### ASA 124th Meeting New Orleans 1992 October

## 2pSA7. Reflection of axial surface waves from the end of a fluid-loaded
cylindrical shell: A Wiener--Hopf analysis.

**Steven L. Means
**

**
Allan D. Pierce
**

**
**
*Graduate Prog. in Acoust., Penn State Univ., 157 Hammond Bldg., University
Park, PA 16802
*

*
*
At frequencies somewhat below the ring frequency, a fluid-loaded
cylindrical shell supports a surface wave, the energy of which is predominantly
in the surrounding fluid. The possible propagation directions are limited to
those close to the axial direction. For such waves the inertia of the elastic
material is unimportant and the shell behaves nearly as a Winkler foundation,
such that the ratio of the external acoustic pressure to the inward
displacement is Eh/R[sup 2]. The present paper seeks to quantify the physical
phenomena associated with reflection of such a wave from a free end of a shell,
but to make the analysis tractable, the shell is regarded as a semi-infinite
locally reacting cylinder extending from -(infinity) to 0, followed by a rigid
cylindrical baffle, also of radius R, extending from 0 to (infinity) along the
x axis.
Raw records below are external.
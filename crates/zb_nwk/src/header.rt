//! The header of a NWK frame, read and written.
ghost use Rattle.std.specs.Prelude.{◌≡◌, ◌+◌, ◌≤◌, ◌^◌, ◌<◌, ◌++◌, length, IfOk, OnOk, IfSome, IsTrue, ◌↔◌, is_some, true, None};
ghost use Rattle.std.specs.Int.{w16};
ghost use Rattle.zb_cursor.specs.Spelling.{number, short, optional, bit};
ghost use Rattle.zb_cursor.specs.Reading.{Gives, read_into, optional_at};
ghost use Rattle.zb_cursor.specs.Writing.{Appends};
ghost use Rattle.zb_nwk.specs.Spelling.{route as route_of, addresses, header as header_of};
ghost use Rattle.zb_nwk.specs.Shape.{IsControl, IsHeader, RouteInRange, HeaderInRange};
ghost use Rattle.zb_nwk.specs.Reading.{control_at, route_at, fields_at, header_at};
ghost use Rattle.zb_base.specs.Limits.{longest_frame};

use crate::fault::NwkError;
use arrayvec::ArrayVec;
use zb_base::{Eui, Frame, Short};
use zb_cursor::{
    Reader, TooLong, has_bit, put, put_byte, put_number16, put_optional_byte, put_optional_eui,
    put_short, put_shorts,
};

/// A source route (05-3474-21, 3.3.1.9): the relays that the frame passes.
#[derive(Debug, Drop, PartialEq, Eq)]
pub struct Route {
    /// The place of the next relay.
    pub index: u8,
    /// The short addresses of the relays.
    pub relays: ArrayVec<Short, 60>,
}

/// The header of a NWK frame (05-3474-21, 3.3.1). The control word says which of the last four fields are present.
#[derive(Debug, Drop, PartialEq, Eq)]
pub struct NwkHeader {
    /// The control word. The bits that aren't in this list are free.
    ///
    /// - 0 and 1: frame type
    /// - 2 to 5: version
    /// - 6 and 7: discover route
    /// - 8: multicast
    /// - 9: security
    /// - 10: source route
    /// - 11: the EUI of the destination is present
    /// - 12: the EUI of the source is present
    /// - 13: end device initiator
    pub control: u16,
    /// The short address that the frame goes to.
    pub destination: Short,
    /// The short address that the frame comes from.
    pub source: Short,
    /// How many hops are left.
    pub radius: u8,
    /// The sequence number that the source gave to the frame.
    pub sequence: u8,
    /// The EUI of the destination.
    pub destination_eui: Option<Eui>,
    /// The EUI of the source.
    pub source_eui: Option<Eui>,
    /// The multicast control byte.
    pub multicast: Option<u8>,
    /// The source route.
    pub route: Option<Route>,
}

impl NwkHeader {
    /// Makes a header into which others may be read.
    pub(crate) fn blank() -> NwkHeader {
        NwkHeader {
            control: 0,
            destination: Short(0),
            source: Short(0),
            radius: 0,
            sequence: 0,
            destination_eui: None,
            source_eui: None,
            multicast: None,
            route: None,
        }
    }

    /// Returns whether the reader accepts type and version, and the options are those of the control word.
    pub fn shape_ok(&self) -> bool
        ensures { IsTrue result ↔ IsHeader self.now }
    {
        self.control & 3 < 2
            && (self.control >> 2) & 15 == 2
            && self.destination_eui.is_some() == has_bit(self.control, 11)
            && self.source_eui.is_some() == has_bit(self.control, 12)
            && self.multicast.is_some() == has_bit(self.control, 8)
            && self.route.is_some() == has_bit(self.control, 10)
    }
}

/// Reads the control word of a data or command frame of version 2.
#[tactic(auto, unfolding(crate::specs::Reading::control_at))]
fn read_control(reader: &mut Reader<NwkError>) -> Result<u16, NwkError>
    ensures exact { Gives result reader.new.rest.now (control_at reader.old.cut reader.old.rest.now) }
    ensures spelled { IfOk result (λ x. reader.old.rest.now ≡ number w16 x ++ reader.new.rest.now) }
    ensures shaped { IfOk result (λ x. IsControl x) }
    ensures in_range { IfOk result (λ x. x < 2 ^ 16) }
    ensures used { OnOk result (length reader.new.rest.now + 2 ≡ length reader.old.rest.now) }
    ensures shorter { length reader.new.rest.now ≤ length reader.old.rest.now }
    ensures cut { reader.new.cut ≡ reader.old.cut }
{
    let control = reader.number16()?;
    let kind = (control & 3) as u8;
    if kind >= 2 {
        return Err(NwkError::FrameType { found: kind });
    }
    let version = ((control >> 2) & 15) as u8;
    if version != 2 {
        return Err(NwkError::Version { found: version });
    }
    Ok(control)
}

#[tactic(auto, unfolding(crate::specs::Reading::route_at))]
fn read_route(reader: &mut Reader<NwkError>) -> Result<Route, NwkError>
    requires { length reader.old.rest.now + 4 ≤ longest_frame }
    ensures exact { Gives result reader.new.rest.now (route_at reader.old.cut reader.old.rest.now) }
    ensures spelled { IfOk result (λ x. reader.old.rest.now ≡ route_of x ++ reader.new.rest.now) }
    ensures in_range { IfOk result (λ x. RouteInRange x) }
    ensures shorter { length reader.new.rest.now ≤ length reader.old.rest.now }
    ensures cut { reader.new.cut ≡ reader.old.cut }
{
    let number = reader.byte()?;
    let index = reader.byte()?;
    let relays = reader.shorts(number)?;
    Ok(Route { index, relays })
}

// Reads a source route into an optional existing one.
fn read_some_route(reader: &mut Reader<NwkError>, route: &mut Option<Route>) -> Result<(), NwkError>
    requires { length reader.old.rest.now + 4 ≤ longest_frame }
    ensures exact { Gives (read_into result route.new) reader.new.rest.now
        (optional_at true route_at reader.old.cut reader.old.rest.now) }
    ensures spelled { OnOk result (reader.old.rest.now ≡ optional route_of route.new ++ reader.new.rest.now) }
    ensures present { OnOk result (is_some route.new ≡ true) }
    ensures in_range { OnOk result (IfSome route.new RouteInRange) }
    ensures shorter { length reader.new.rest.now ≤ length reader.old.rest.now }
    ensures cut { reader.new.cut ≡ reader.old.cut }
{
    let found = read_route(reader)?;
    *route = Some(found);
    Ok(())
}

// Removes a source route, if there is one.
fn forget_route(route: &mut Option<Route>)
    ensures { route.new ≡ None }
{
    if route.is_some() {
        *route = None;
    }
}

fn read_optional_route(
    reader: &mut Reader<NwkError>,
    present: bool,
    route: &mut Option<Route>,
) -> Result<(), NwkError>
    requires { length reader.old.rest.now + 4 ≤ longest_frame }
    ensures exact { Gives (read_into result route.new) reader.new.rest.now
        (optional_at present route_at reader.old.cut reader.old.rest.now) }
    ensures spelled { OnOk result (reader.old.rest.now ≡ optional route_of route.new ++ reader.new.rest.now) }
    ensures present { OnOk result (is_some route.new ≡ present) }
    ensures in_range { OnOk result (IfSome route.new RouteInRange) }
    ensures shorter { length reader.new.rest.now ≤ length reader.old.rest.now }
    ensures cut { reader.new.cut ≡ reader.old.cut }
{
    if present {
        read_some_route(reader, route)?;
    } else {
        forget_route(route);
    }
    Ok(())
}

/// Reads the fields after a control word into an existing header.
#[tactic(auto, unfolding(crate::specs::Reading::fields_at))]
fn read_fields(
    reader: &mut Reader<NwkError>,
    control: u16,
    header: &mut NwkHeader,
) -> Result<(), NwkError>
    requires room { length reader.old.rest.now + 2 ≤ longest_frame }
    requires shaped { IsControl control }
    ensures exact { Gives (read_into result header.new) reader.new.rest.now
        (fields_at control reader.old.cut reader.old.rest.now) }
    ensures spelled { OnOk result
        (number w16 control ++ reader.old.rest.now ≡ header_of header.new ++ reader.new.rest.now) }
    ensures shaped { OnOk result (IsHeader header.new) }
    ensures in_range { OnOk result (HeaderInRange header.new) }
    ensures control { OnOk result (header.new.control ≡ control) }
    ensures shorter { length reader.new.rest.now ≤ length reader.old.rest.now }
    ensures cut { reader.new.cut ≡ reader.old.cut }
{
    header.control = control;
    header.destination = reader.short()?;
    header.source = reader.short()?;
    header.radius = reader.byte()?;
    header.sequence = reader.byte()?;
    header.destination_eui = reader.optional_eui(has_bit(control, 11))?;
    header.source_eui = reader.optional_eui(has_bit(control, 12))?;
    header.multicast = reader.optional_byte(has_bit(control, 8))?;
    read_optional_route(reader, has_bit(control, 10), &mut header.route)?;
    Ok(())
}

/// Reads a header into an existing one.
///
/// # Errors
///
/// The first fault of the bytes. The fields of the existing header then mean nothing.
#[tactic(auto, unfolding(crate::specs::Reading::header_at))]
pub(crate) fn read_header(
    reader: &mut Reader<NwkError>,
    header: &mut NwkHeader,
) -> Result<(), NwkError>
    requires { length reader.old.rest.now ≤ longest_frame }
    ensures exact { Gives (read_into result header.new) reader.new.rest.now
        (header_at reader.old.cut reader.old.rest.now) }
    ensures spelled { OnOk result (reader.old.rest.now ≡ header_of header.new ++ reader.new.rest.now) }
    ensures shaped { OnOk result (IsHeader header.new) }
    ensures in_range { OnOk result (HeaderInRange header.new) }
    ensures shorter { length reader.new.rest.now ≤ length reader.old.rest.now }
    ensures cut { reader.new.cut ≡ reader.old.cut }
{
    let control = read_control(reader)?;
    read_fields(reader, control, header)?;
    Ok(())
}

fn put_route(out: &mut Frame, value: &Route) -> Result<(), TooLong>
    ensures { Appends out.old.items (route_of value.now) out.new.items result }
{
    put_byte(out, value.relays.len() as u8)?;
    put_byte(out, value.index)?;
    put_shorts(out, &value.relays)?;
    Ok(())
}

fn put_optional_route(out: &mut Frame, value: &Option<Route>) -> Result<(), TooLong>
    ensures { Appends out.old.items (optional route_of value.now) out.new.items result }
{
    match value {
        None => put(out, &[])?,
        Some(route) => put_route(out, route)?,
    }
    Ok(())
}

/// Writes the fields that each header has.
fn put_addresses(out: &mut Frame, value: &NwkHeader) -> Result<(), TooLong>
    ensures { Appends out.old.items (addresses value.now) out.new.items result }
{
    put_number16(out, value.control)?;
    put_short(out, value.destination)?;
    put_short(out, value.source)?;
    put_byte(out, value.radius)?;
    put_byte(out, value.sequence)?;
    Ok(())
}

/// Writes a header at the end.
///
/// # Errors
///
/// `TooLong` if there is no room for the bytes.
pub(crate) fn put_header(out: &mut Frame, value: &NwkHeader) -> Result<(), TooLong>
    ensures { Appends out.old.items (header_of value.now) out.new.items result }
{
    put_addresses(out, value)?;
    put_optional_eui(out, value.destination_eui)?;
    put_optional_eui(out, value.source_eui)?;
    put_optional_byte(out, value.multicast)?;
    put_optional_route(out, &value.route)?;
    Ok(())
}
A known surface wave is incident from x=-(infinity) and one seeks the
amplitude and phase shift of the reflected surface wave along with any acoustic
field radiating into the fluid that originates in the vicinity of the shell end
at x=0. An exact solution involving contour integrals is derived using the
Wiener--Hopf technique and applicable asymptotic results are extracted.